In Matthew 6 Jesus is speaking to His disciples about how to be different from the world, namely to focus on the eternal rather than temporary physical and emotional gains. He gives instructions about fasting in secret so that only the Father sees rather than man and about storing up treasures in heaven rather than on earth (vv. 16-21). He addresses the contrast of light and darkness, and more explicitly states in v. 24, “No one can serve two masters; for either he will hate the one and love the other, or he will be devoted to one and despise the other. You cannot serve God and wealth.” In researching the word used for “wealth” (Greek: mamona), it has a negative connotation of worldly wealth. The idea of being a servant is complete devotion to something. As servants of the Lord, we can’t truly be devoted to God and to something else. Does God bless people with wealth? Yes! We can read about a number of people throughout Scripture who have used their wealth to honor the Lord. But in this passage, it’s a matter of where our devotion and faith lie. Are they with the Lord or with the world? Jesus expounds on His statement in v. 25, “For this reason (referencing back to v. 24) I say to you, do not be worried about your life, as to what you will eat or what you will drink; nor for your body, as to what you will put on. Is not life more than food, and the body more than clothing?” In verses 26-30 He continues to talk about how the Lord provides for nature in many different ways so how much more will He provide for us who are made in His image! Therefore, ““Do not worry then, saying ‘What will we eat?’ Or ‘What will we drink?’ or ‘What will we wear for clothing?’ For the Gentiles eagerly seek all these things; for your heavenly Father knows that you need all these things. But seek first His kingdom and His righteousness, and all these things will be added to you. So do not worry about tomorrow; for tomorrow will take care of itself. Each day has enough trouble of its own”” (vv. 31-34).
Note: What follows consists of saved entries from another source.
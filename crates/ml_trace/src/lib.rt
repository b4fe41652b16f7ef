// The trace automaton: by which formulas a branch of the tableau is pursued, and how an endless pursuit is recognised.
//
// A step of the tableau leaves local traces: triples of a node, the lowest priority on the way, and the node that is
// reached. `letter_of` turns them into a letter of the trace automaton, whose states are the nodes, and the nodes with
// an odd priority that was guessed to be the lowest; `number` and `state_of` number its states. A `Letter` holds its
// transitions by their targets, as a step of a history asks for them.
//
// The marks of history steps stand here too, with the condition on names that such a step and a line of a refutation
// share, and the theorem on loops of such steps (`laws`), on which both the determinisation and the checker of
// refutations can rest.
//
// Beside them stands what it means that an automaton accepts an endless word (`specs/WordAutomata`), for Büchi automata and
// for deterministic parity automata.
//
// Below: ml_lists (general mathematics), ml_base (want of memory). Above: ml_history, which determinises the automaton,
// ml_sequent, which makes local traces, and ml_refute_check, which checks loops of steps without histories.
#![tactic(auto)]

pub mod laws;
mod letters;
mod marks;
mod numbering;

pub use letters::{AutomatonState, Letter, LocalTraces, STATE_LIMIT, Transition, Triple};
pub use marks::{Mark, priority_of};
pub use numbering::{letter_of, number, state_of};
Looking at this passage in terms of contentment, it boils back down to faith. Do we let our emotions, our anxiety, sway with what we see in the world? Or do we remain devoted to the Lord, trusting that He already knows what we need? Are we living in a state of “what will happen tomorrow?” rather than “how can I be content right now?” Another point to think about from this passage is how much value we have to God. Jesus elaborates how the birds of the air are fed, lilies are clothed more beautifully than Solomon, and the grass is clothed even though it will easily and quickly be burned up. We are His children for whom Jesus (at the time He’s speaking in this passage) is getting ready to sacrifice Himself. We already have immense value without having to earn it. In this passage Jesus is not only teaching truth to His disciples, but He’s preparing them for what’s to come. Some of them left their livelihoods and families to follow Christ. Later on in His ministry, Jesus tells His close disciples to take nothing with them on their travels and other times to bring what He tells them to. In every circumstance, they are being asked to have faith that God will provide the right people in the right places to give what they need. Is this not an example for us? The only way to be content in all circumstances is to seek the Lord and His kingdom first, have faith that He already knows what we need, and trust that whatever the outcome may be, the Lord’s will is best. Faith, of course, is always tested. Will we fail sometimes? Yes. I know I have many times. Jesus’ closest disciples did too. But that wasn’t the end of their ministry, and it won’t be the end of ours either. Rather, may those failures refine us to become better servants of Christ devoted wholly to Him.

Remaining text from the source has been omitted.